Kurt Hacker

A Comprehensive Robust Design Approach for Decision Trade-Offs in Complex Systems Design

In this paper we introduce a technique to reduce the effects of uncertainty and incorporate flexibility in the design of complex engineering systems involving multiple decisionmakers. We focus on the uncertainty that is created when a disciplinary designer or design team must try to predict or model the behavior of other disciplinary subsystems. The design of a complex system is performed by many different designers and design teams, each of which may only have control over a portion of the total set of system design variables. Modeling the interaction among these decisionmakers and reducing the effect caused by lack of global control by any one designer is the focus of this paper. We use concepts from robust design to reduce the effects of decisions made during the design of one subsystem on the performance of the rest of the system. Thus, in a situation where the cost of uncertainty is high, these tools can be used to increase the robustness, or independence, of the subsystems, enabling designers to make more effective decisions. This approach includes uncertainty caused by control factor variation (Type II robust design) and uncertainty caused by unknown nonlocal design information (Type I robust design). To demonstrate the usefulness of this approach, we consider a case study involving the design of a passenger aircraft.

Robust Design Through the Use of a Hybrid Genetic Algorithm

In this paper we present a hybrid optimization approach to perform robust design. The motivation for this work is the fact that many realistic engineering systems are mutimodal in nature with multiple local optima, and moreover may have one or more uncertain design parameters. The approach that is presented utilizes both local and global optimization algorithms to find good design points more efficiently than either could alone. The mean and variance of the objective function at a design point is calculated using Monte Carlo simulation and is used to drive the optimization process. To demonstrate the usefulness of this approach a case study is considered involving the design of a beam with dimensional uncertainty.

Racecar Optimization and Tradeoff Analysis in a Parallel Computing Environment

In this paper, we present an approach to the optimization of a racecar using vehicle dynamics simulation in a parallel-computing environment. The use of vehicle dynamics simulations in the automotive and auto racing industries is widespread. Complex vehicle simulations can include hundreds of parameters and be very computationally expensive to perform. This limits the number of design configurations that can be considered within a reasonable time, preventing thorough exploration of the design space. It also limits the usefulness of these simulations during the course of a race weekend when time is of the essence. In this paper, we present results from work to overcome this problem. Our results focus on determining the Pareto optimal designs for a vehicle model with three design variables running simulated races around corners of different radii.

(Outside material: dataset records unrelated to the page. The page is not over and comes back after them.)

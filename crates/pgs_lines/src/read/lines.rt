ghost use Rattle.std.specs.Prelude.{◌≡◌};
ghost use Rattle.std.specs.Option.{option_copied};
ghost use Rattle.pgs_words.specs.Forms.{Gives, left};
ghost use Rattle.pgs_lines.specs.Lines as lines;

use super::objects::{call, members};
use super::steps::step_in;
use crate::line::Line;
use pgs_words::{ReadError, ended, is_word, number, part, positive};
use std::alloc::Global;

fn pool(words: Option<&[u8]>) -> Result<Line, ReadError>
    ensures { Gives (λ x. x) result (lines.pool_read (left 32 (option_copied words.entry))) }
{
    let (bits, words) = number(words)?;
    ended(words)?;
    Ok(Line::Pool { bits })
}

fn osd(words: Option<&[u8]>) -> Result<Line, ReadError>
    ensures { Gives (λ x. x) result (lines.osd_read (left 32 (option_copied words.entry))) }
{
    let (osd, words) = number(words)?;
    let (slots, words) = positive(words)?;
    ended(words)?;
    Ok(Line::Osd { osd, slots })
}

fn group(alloc: Global, words: Option<&[u8]>) -> Result<Line, ReadError>
    ensures { Gives (λ x. x) result (lines.group_read (left 32 (option_copied words.entry))) }
{
    let (group, words) = number(words)?;
    let (epoch, words) = positive(words)?;
    let members = members(alloc, words)?;
    Ok(Line::Group {
        group,
        epoch,
        members,
    })
}

fn fail(words: Option<&[u8]>) -> Result<Line, ReadError>
    ensures { Gives (λ x. x) result (lines.fail_read (left 32 (option_copied words.entry))) }
{
    let (group, words) = number(words)?;
    let (osd, words) = number(words)?;
    let (call, words) = call(words)?;
    let (number, words) = positive(words)?;
    ended(words)?;
    Ok(Line::Fail {
        group,
        osd,
        call,
        number,
    })
}

fn end(words: Option<&[u8]>) -> Result<Line, ReadError>
    ensures { Gives (λ x. x) result (lines.end_read (left 32 (option_copied words.entry))) }
{
    ended(words)?;
    Ok(Line::End)
}

/// The line that a first word and the words behind it spell.
#[tactic(auto, unfolding(crate::specs::Lines::line_rows, crate::specs::Lines::line_read))]
fn line_of(alloc: Global, word: &[u8], words: Option<&[u8]>) -> Result<Line, ReadError>
    ensures { Gives (λ x. x) result (lines.line_read word.now (left 32 (option_copied words.entry))) }
{
    if is_word(word, b"pool") {
        return pool(words);
    }
    if is_word(word, b"osd") {
        return osd(words);
    }
    if is_word(word, b"group") {
        return group(alloc, words);
    }
    if is_word(word, b"fail") {
        return fail(words);
    }
    if is_word(word, b"end") {
        return end(words);
    }
    let step = step_in(alloc, word, words)?;
    Ok(Line::Step { step })
}

/// The line that a text spells.
pub fn line_in(alloc: Global, text: &[u8]) -> Result<Line, ReadError>
    ensures { Gives (λ x. x) result ((lines.line).read text.now) }
{
    let (word, words) = part(text, b' ');
    line_of(alloc, word, words)
}
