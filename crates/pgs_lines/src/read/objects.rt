ghost use Rattle.std.specs.Prelude.{◌≡◌};
ghost use Rattle.std.specs.Option.{option_copied};
ghost use Rattle.pgs_words.specs.Forms.{Gives, left, taken, all_read};
ghost use Rattle.pgs_words.specs.Fields as fields;
ghost use Rattle.pgs_lines.specs.Objects as objects;

use crate::call::Call;
use crate::kind::Kind;
use crate::snap::Snap;
use pgs_words::{ReadError, is_word, next, number, number_in, part};
use sqlite_items::Items;
use std::alloc::Global;

/// SNAP.
pub fn snap(words: Option<&[u8]>) -> Result<(Snap, Option<&[u8]>), ReadError>
    ensures { Gives (λ x. (x.0, left 32 (option_copied x.1))) result (taken (objects.snap).read (left 32 (option_copied words.entry))) }
{
    let (word, words) = next(words, b' ')?;
    if is_word(word, b"head") {
        return Ok((Snap::Head, words));
    }
    let snap = number_in(word)?;
    if 0 < snap {
        return Ok((Snap::Clone { snap }, words));
    }
    Err(ReadError::Outside)
}

/// KIND.
pub fn kind(words: Option<&[u8]>) -> Result<(Kind, Option<&[u8]>), ReadError>
    ensures { Gives (λ x. (x.0, left 32 (option_copied x.1))) result (taken (objects.kind).read (left 32 (option_copied words.entry))) }
{
    let (word, words) = next(words, b' ')?;
    if is_word(word, b"shallow") {
        return Ok((Kind::Shallow, words));
    }
    if is_word(word, b"deep") {
        return Ok((Kind::Deep, words));
    }
    Err(ReadError::Outside)
}

/// CALL.
pub fn call(words: Option<&[u8]>) -> Result<(Call, Option<&[u8]>), ReadError>
    ensures { Gives (λ x. (x.0, left 32 (option_copied x.1))) result (taken (objects.call).read (left 32 (option_copied words.entry))) }
{
    let (word, words) = next(words, b' ')?;
    if is_word(word, b"list") {
        return Ok((Call::List, words));
    }
    if is_word(word, b"stat") {
        return Ok((Call::Stat, words));
    }
    if is_word(word, b"attrs") {
        return Ok((Call::Attrs, words));
    }
    if is_word(word, b"read") {
        return Ok((Call::Read, words));
    }
    if is_word(word, b"omap") {
        return Ok((Call::Omap, words));
    }
    if is_word(word, b"write") {
        return Ok((Call::Write, words));
    }
    Err(ReadError::Outside)
}

/// RANK.
pub fn rank(words: Option<&[u8]>) -> Result<(u8, Option<&[u8]>), ReadError>
    ensures { Gives (λ x. (x.0, left 32 (option_copied x.1))) result (taken (objects.rank).read (left 32 (option_copied words.entry))) }
{
    let (number, words) = number(words)?;
    if number <= 255 {
        return Ok((number as u8, words));
    }
    Err(ReadError::Outside)
}

// All words that are left, as numbers.
fn numbers(alloc: Global, words: Option<&[u8]>) -> Result<Items<u32>, ReadError>
    ensures { Gives (λ x. x) result (all_read (fields.number).read (left 32 (option_copied words.entry))) }
{
    let mut found = Items::new(alloc);
    let mut rest = words;
    while let Some(text) = rest {
        let (word, words) = part(text, b' ');
        found.push(number_in(word)?)?;
        rest = words;
    }
    Ok(found)
}

/// OSD OSD ..: one or more, the last words.
pub fn members(alloc: Global, words: Option<&[u8]>) -> Result<Items<u32>, ReadError>
    ensures { Gives (λ x. x) result ((objects.members_form).read (left 32 (option_copied words.entry))) }
{
    let members = numbers(alloc, words)?;
    if members.is_empty() {
        return Err(ReadError::Outside);
    }
    Ok(members)
}
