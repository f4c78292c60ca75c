ghost use Rattle.std.specs.Prelude.{◌≡◌};
ghost use Rattle.std.specs.Option.{option_copied};
ghost use Rattle.pgs_words.specs.Forms.{Gives, left};
ghost use Rattle.pgs_lines.specs.Damages as damages;

use super::payloads::last_payload;
use crate::damage::Damage;
use pgs_words::{ReadError, ended, is_word, name, next, number, positive_byte};
use std::alloc::Global;

fn lose(words: Option<&[u8]>) -> Result<Damage, ReadError>
    ensures { Gives (λ x. x) result (damages.lose_read (left 32 (option_copied words.entry))) }
{
    ended(words)?;
    Ok(Damage::Lose)
}

fn flip(words: Option<&[u8]>) -> Result<Damage, ReadError>
    ensures { Gives (λ x. x) result (damages.flip_read (left 32 (option_copied words.entry))) }
{
    let (at, words) = number(words)?;
    let (xor, words) = positive_byte(words)?;
    ended(words)?;
    Ok(Damage::Flip { at, xor })
}

fn cut(words: Option<&[u8]>) -> Result<Damage, ReadError>
    ensures { Gives (λ x. x) result (damages.cut_read (left 32 (option_copied words.entry))) }
{
    let (size, words) = number(words)?;
    ended(words)?;
    Ok(Damage::Cut { size })
}

fn set_attr(alloc: Global, words: Option<&[u8]>) -> Result<Damage, ReadError>
    ensures { Gives (λ x. x) result (damages.attr_read (left 32 (option_copied words.entry))) }
{
    let (name, words) = name(alloc, words, 64)?;
    let payload = last_payload(alloc, words)?;
    Ok(Damage::SetAttr { name, payload })
}

fn remove_attr(alloc: Global, words: Option<&[u8]>) -> Result<Damage, ReadError>
    ensures { Gives (λ x. x) result (damages.rmattr_read (left 32 (option_copied words.entry))) }
{
    let (name, words) = name(alloc, words, 64)?;
    ended(words)?;
    Ok(Damage::RmAttr { name })
}

fn set_omap(alloc: Global, words: Option<&[u8]>) -> Result<Damage, ReadError>
    ensures { Gives (λ x. x) result (damages.omap_read (left 32 (option_copied words.entry))) }
{
    let (key, words) = name(alloc, words, 255)?;
    let payload = last_payload(alloc, words)?;
    Ok(Damage::SetOmap { key, payload })
}

fn remove_omap(alloc: Global, words: Option<&[u8]>) -> Result<Damage, ReadError>
    ensures { Gives (λ x. x) result (damages.rmomap_read (left 32 (option_copied words.entry))) }
{
    let (key, words) = name(alloc, words, 255)?;
    ended(words)?;
    Ok(Damage::RmOmap { key })
}

/// DAMAGE: the last words of a damage.
#[tactic(auto, unfolding(crate::specs::Damages::damage_rows, crate::specs::Damages::damage_read))]
pub fn damage(alloc: Global, words: Option<&[u8]>) -> Result<Damage, ReadError>
    ensures { Gives (λ x. x) result ((damages.damage).read (left 32 (option_copied words.entry))) }
{
    let (word, words) = next(words, b' ')?;
    if is_word(word, b"lose") {
        return lose(words);
    }
    if is_word(word, b"flip") {
        return flip(words);
    }
    if is_word(word, b"cut") {
        return cut(words);
    }
    if is_word(word, b"data") {
        let payload = last_payload(alloc, words)?;
        return Ok(Damage::SetData { payload });
    }
    if is_word(word, b"attr") {
        return set_attr(alloc, words);
    }
    if is_word(word, b"rmattr") {
        return remove_attr(alloc, words);
    }
    if is_word(word, b"omap") {
        return set_omap(alloc, words);
    }
    if is_word(word, b"rmomap") {
        return remove_omap(alloc, words);
    }
    if is_word(word, b"header") {
        let payload = last_payload(alloc, words)?;
        return Ok(Damage::SetHeader { payload });
    }
    Err(ReadError::Outside)
}
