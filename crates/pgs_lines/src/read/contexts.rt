ghost use Rattle.std.specs.Prelude.{◌≡◌, Some};
ghost use Rattle.std.specs.Option.{option_copied};
ghost use Rattle.pgs_words.specs.Forms.{Gives, left, taken, all_read};
ghost use Rattle.pgs_words.specs.Fields as fields;
ghost use Rattle.pgs_lines.specs.Contexts as contexts;
ghost use Rattle.pgs_lines.specs.Choices.{listed_read};

use crate::context::Context;
use pgs_request::{SnapContext, Snaps};
use pgs_words::{ReadError, is_word, next, number_in, part, parts_ended};
use std::alloc::Global;

// The parts of a text between commas, as snaps.
fn snaps_in(alloc: Global, list: &[u8]) -> Result<Snaps, ReadError>
    ensures { Gives (λ x. x) result (all_read (fields.number).read (left 44 (Some list.now))) }
{
    let mut found = Snaps::new(alloc);
    let mut rest = Some(list);
    while let Some(text) = rest {
        let (word, more) = part(text, b',');
        found.push(u64::from(number_in(word)?))?;
        rest = more;
    }
    Ok(found)
}

// The same, of which there is at least one.
#[tactic(auto, using(crate::proofs::ContextLaws::snaps_read))]
fn listed(alloc: Global, list: &[u8]) -> Result<Snaps, ReadError>
    ensures { Gives (λ x. x) result ((contexts.snaps).read list.now) }
{
    snaps_in(alloc, list)
}

// The snaps behind a seq: none, or one part that has them all.
fn snaps(alloc: Global, parts: Option<&[u8]>) -> Result<Snaps, ReadError>
    ensures { Gives (λ x. x) result (listed_read contexts.snaps (left 58 (option_copied parts.entry))) }
{
    match parts {
        Some(text) => {
            let (list, more) = part(text, b':');
            let snaps = listed(alloc, list)?;
            parts_ended(more, b':')?;
            Ok(snaps)
        }
        None => Ok(Snaps::new(alloc)),
    }
}

fn given(alloc: Global, word: &[u8]) -> Result<SnapContext, ReadError>
    ensures { Gives (λ x. x) result ((contexts.given).read word.now) }
{
    let (seq, parts) = part(word, b':');
    let seq = u64::from(number_in(seq)?);
    let snaps = snaps(alloc, parts)?;
    Ok(SnapContext { seq, snaps })
}

/// CTX.
pub fn context(alloc: Global, words: Option<&[u8]>) -> Result<(Context, Option<&[u8]>), ReadError>
    ensures { Gives (λ x. (x.0, left 32 (option_copied x.1))) result (taken (contexts.context).read (left 32 (option_copied words.entry))) }
{
    let (word, words) = next(words, b' ')?;
    if is_word(word, b"-") {
        return Ok((Context::Dash, words));
    }
    let context = given(alloc, word)?;
    Ok((Context::Given { context }, words))
}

Application of multidisciplinary design optimization to racecar design and analysis

Multidisciplinary design instances arise when the performance of large-scale, complex systems can be affected through the optimal design of several smaller functional units or subsystems. In this paper, we describe the use of multidisciplinary design optimization to resolve system-level tradeoffs during racecar design. Our implementation involves three design variables: weight distribution, aerodynamic downforce distribution, and roll stiffness distribution. The objective is to determine the racecar configuration that minimizes lap time around a skidpad of constant radius while satisfying a yaw balance constraint. The force and aerodynamic components of the design optimization problem provide the multidisciplinary setting in which Collaborative Optimization is implemented and compared with previous results obtained from a traditional optimization formulation.

Comparison of design methodologies in the preliminary design of a passenger aircraft

In this paper we seek to compare the configurations and quality of passenger aircraft resulting from the use of different design methodologies. First, we will optimize the design in the traditional iterative framework that is generally followed in practice. To this we will compare the results obtained following a design methodology based in part on game theoretic principles. We will compare not only the quality of the resulting designs, but also the efficiency of the design process in terms of time and cost.